[[ THE RECORDS open ]]
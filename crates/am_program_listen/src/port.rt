//! Serving where connections come to: what comes before the sessions, and after them.
//!
//! Each part has a frame of its own, beside that of the words, so that none is large.

ghost use Rattle.std.specs.Prelude.{◌≡◌, ◌≢◌, ◌≤◌, if◌then◌else◌};
ghost use Rattle.am_trace_text.specs.Headers.{line_version};
ghost use Rattle.am_trace_text.specs.declared.version.Version.TheVariants.{One};

use crate::ending::{remove_socket, tell};
use crate::fault::ListenFault;
use crate::report::Reporter;
use crate::stop_word::await_stop;
use crate::trace::{OpenedTrace, Writer, begin_trace, forget_trace, store_trace};
use am_program_options::{Listening, Place};
use am_program_start::draw_hash_key;
use am_serve::{BindFault, Listener, bind, bind_socket, header_of};
use am_serve_connections::{Lifetime, Limits};
use am_serve_drain::{DrainSetup, Watcher};
use am_trace_file::{Outbox, TraceFile};
use am_trace_text::Header;
use am_trace_writer::{LetGo, PieceTaker};
use std::fs::File;
use std::io;
use std::net::{Net, TcpListener, TcpStream};
use std::process::ExitCode;
use std::random::RandomSource;
use std::rt::{Clock, Files};
use std::sync::Wait;
use std::thread::Threads;
use std::time::Duration;

/// What is there before the first connection: where it may come to, and where one is named the file for the trace.
#[derive(Drop)]
pub(crate) struct Opened {
    pub(crate) listener: Listener,
    pub(crate) file: Option<TraceFile>,
}

/// Opens what is named, begins the trace with a writer of it, and says which port or socket it is. Where that doesn't
/// go it says why, and how the program ends.
#[inline(never)]
pub(crate) fn make_ready<
    'a,
    R: AllocGlobal
        + Files<File = File>
        + Net<Listener = TcpListener, Stream = TcpStream>
        + Print
        + Eprint
        + Wait,
>(
    rt: &'a R,
    listening: &Listening<'_>,
    outbox: &'a Outbox,
) -> Result<(Opened, Option<Writer<'a, R>>), io::Result<ExitCode>> {
    let opened = match open(rt, listening, outbox) {
        Ok(opened) => opened,
        Err(fault) => return Err(tell(rt, listening, &fault)),
    };
    let writer = match begin_trace(rt, listening, outbox, begun_header(listening)) {
        Ok(writer) => writer,
        // The file said what fails.
        Err(fault) if outbox.is_failed() => return Err(Ok(ExitCode::from(fault.status()))),
        Err(fault) => return Err(tell(rt, listening, &fault)),
    };
    match say_ready(rt, &opened.listener, listening, opened.file.as_ref()) {
        Ok(()) => Ok((opened, writer)),
        Err(fault) => Err(Err(fault)),
    }
}

/// What a server did.
#[derive(Clone, Copy)]
pub(crate) struct Served {
    events: u64,
    commits: u64,
    accepted_all: bool,
    is_cut: bool,
    needs_three: bool,
}

// Says which port it is, or which socket where there is no port. Where that can't be said nothing is left of the trace
// and the socket.
fn say_ready<R: Files + Print>(
    rt: &R,
    listener: &Listener,
    listening: &Listening<'_>,
    file: Option<&TraceFile>,
) -> io::Result<()> {
    let said = println!(rt; "LISTEN {}", listener.endpoint());
    if said.is_err() {
        forget_trace(rt, file);
        remove_socket(rt, listening);
    }
    said
}

// The file for the trace, where one is named, which the outbox gets, and then where connections come to.
#[inline(never)]
fn open<
    R: AllocGlobal + Files<File = File> + Net<Listener = TcpListener, Stream = TcpStream> + Wait,
>(rt: &R, listening: &Listening<'_>, outbox: &Outbox) -> Result<Opened, ListenFault> {
    let trace = OpenedTrace::open(rt, listening)?;
    let listener = match open_endpoints(rt, listening.place) {
        Ok(listener) => listener,
        Err(fault) => {
            trace.forget(rt);
            return Err(fault);
        }
    };
    let file = trace.give_to(rt, outbox);
    Ok(Opened { listener, file })
}

fn open_endpoints<R: AllocGlobal + Files + Net<Listener = TcpListener, Stream = TcpStream>>(
    rt: &R,
    place: Place<'_>,
) -> Result<Listener, ListenFault> {
    match place {
        Place::Port(port) => bind(rt, port).map_err(at_port),
        Place::Socket(path) => bind_socket(rt, path).map_err(at_socket),
        Place::Both { port, socket } => bind(rt, port)
            .map_err(at_port)?
            .with_socket(rt, socket)
            .map_err(at_socket),
    }
}

// What is wrong where that is so at the port.
fn at_port(fault: BindFault) -> ListenFault {
    match fault {
        BindFault::NoMemory => ListenFault::NoMemory,
        BindFault::Refused(why) => ListenFault::CannotListenAtPort(why),
    }
}

// The same at the socket.
fn at_socket(fault: BindFault) -> ListenFault {
    match fault {
        BindFault::NoMemory => ListenFault::NoMemory,
        BindFault::Refused(why) => ListenFault::CannotListenAtSocket(why),
    }
}

/// Has the server stop once a line STOP, or the end of standard input or a fault of it, has come.
#[inline(never)]
pub(crate) fn stop_at_word<
    R: AllocGlobal + Input + Net<Listener = TcpListener, Stream = TcpStream> + Wait + Clock,
>(rt: &R, listener: &Listener) {
    await_stop(rt);
    listener.stop(rt);
}

/// Serves so many sessions, or so many at once until a stop, with so many workers beside them, on a store whose hash
/// key no stranger knows.
#[inline(never)]
pub(crate) fn serve<R: AllocGlobal + Threads + Wait + RandomSource + Clock + Eprint + Sync>(
    rt: &R,
    listener: &Listener,
    listening: &Listening<'_>,
    sessions: u64,
    workers: u64,
    outbox: &Outbox,
    writer: Option<Writer<'_, R>>,
) -> Result<Served, ListenFault>
    requires sessions { (1 ≤ sessions) × (sessions ≤ 256) }
    requires workers { workers ≤ 16 }
{
    match writer {
        Some(writer) => serve_with(rt, listener, listening, sessions, workers, outbox, writer),
        None => serve_with(rt, listener, listening, sessions, workers, outbox, LetGo),
    }
}

fn serve_with<
    R: AllocGlobal + Threads + Wait + RandomSource + Clock + Eprint + Sync,
    T: PieceTaker + Drop + Send,
>(
    rt: &R,
    listener: &Listener,
    listening: &Listening<'_>,
    sessions: u64,
    workers: u64,
    outbox: &Outbox,
    pieces: T,
) -> Result<Served, ListenFault>
    requires sessions { (1 ≤ sessions) × (sessions ≤ 256) }
    requires workers { workers ≤ 16 }
{
    let limits = Limits {
        idle: listening.idle.map(Duration::from_secs),
        lapse: seconds(listening.lapse),
        idle_seat: seconds(listening.idle_seat),
        hold: listening.hold,
        runs: listening.runs,
    };
    let setup = DrainSetup {
        pieces,
        watcher: Reporter::new(rt, outbox, listening),
        grace: listening.grace.map(Duration::from_secs),
    };
    serve_drained(
        rt,
        listener,
        lifetime_of(listening),
        sessions,
        workers,
        limits,
        setup,
    )
}

// How long the server serves.
fn lifetime_of(listening: &Listening<'_>) -> Lifetime
    ensures { result ≡ (if listening.now.stays then Lifetime.Staying else Lifetime.Bounded) }
{
    if listening.stays {
        Lifetime::Staying
    } else {
        Lifetime::Bounded
    }
}

// The first line with which the trace is begun: nobody knows yet whether version 2 can write what comes.
fn begun_header(listening: &Listening<'_>) -> Header
    ensures { line_version result ≢ One }
{
    header_of(lifetime_of(listening), true)
}

// So many seconds; none where there are 0.
fn seconds(count: u64) -> Option<Duration> {
    if count == 0 {
        None
    } else {
        Some(Duration::from_secs(count))
    }
}

// Serves, whoever takes the trace and looks at the server.
fn serve_drained<
    R: Threads + Wait + RandomSource + Clock + Sync,
    T: PieceTaker + Drop + Send,
    V: Watcher + Drop + Send,
>(
    rt: &R,
    listener: &Listener,
    lifetime: Lifetime,
    sessions: u64,
    workers: u64,
    limits: Limits,
    setup: DrainSetup<T, V>,
) -> Result<Served, ListenFault>
    requires sessions { (1 ≤ sessions) × (sessions ≤ 256) }
    requires workers { workers ≤ 16 }
{
    match listener.serve(
        rt,
        lifetime,
        sessions,
        workers,
        draw_hash_key(rt),
        limits,
        setup,
    ) {
        Ok(run) => Ok(Served {
            events: run.events,
            commits: run.commits,
            accepted_all: run.accepted_all,
            is_cut: run.pieces.is_cut(),
            needs_three: run.pieces.needs_three(),
        }),
        Err(_) => Err(ListenFault::NoMemory),
    }
}

/// Stores the trace, unless some of its text could not be written, and tells what was done. The program's status.
#[inline(never)]
pub(crate) fn close<R: Files<File = File> + Print + Eprint>(
    rt: &R,
    listening: &Listening<'_>,
    file: Option<&TraceFile>,
    outbox: &Outbox,
    served: Result<Served, ListenFault>,
) -> io::Result<ExitCode> {
    remove_socket(rt, listening);
    let stays = listening.stays;
    let served = match served {
        Ok(served) => served,
        Err(fault) => {
            forget_trace(rt, file);
            return tell(rt, listening, &fault);
        }
    };
    let (is_cut, due) = (
        served.is_cut || outbox.is_failed(),
        header_of(lifetime_of(listening), served.needs_three),
    );
    let stored = store_trace(rt, file, is_cut, begun_header(listening), due);
    if stays || stored.is_ok() {
        println!(rt; "CLOSED {} {}", served.events, served.commits)?;
    }
    match stored {
        // A server that stays said what fails when it failed, unless that was after its last look.
        Err(fault) if stays && !outbox.is_untold() => Ok(ExitCode::from(fault.status())),
        _ if !stays && !served.accepted_all => tell(rt, listening, &ListenFault::CannotAccept),
        Err(fault) => tell(rt, listening, &fault),
        Ok(()) => Ok(ExitCode::SUCCESS),
    }
}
[[ THE RECORDS closed ]]
--- WHAT YOU NEED TO DO ---
State how many lines of the listing include "struct", and write nothing else.

--- OUTPUT ---
2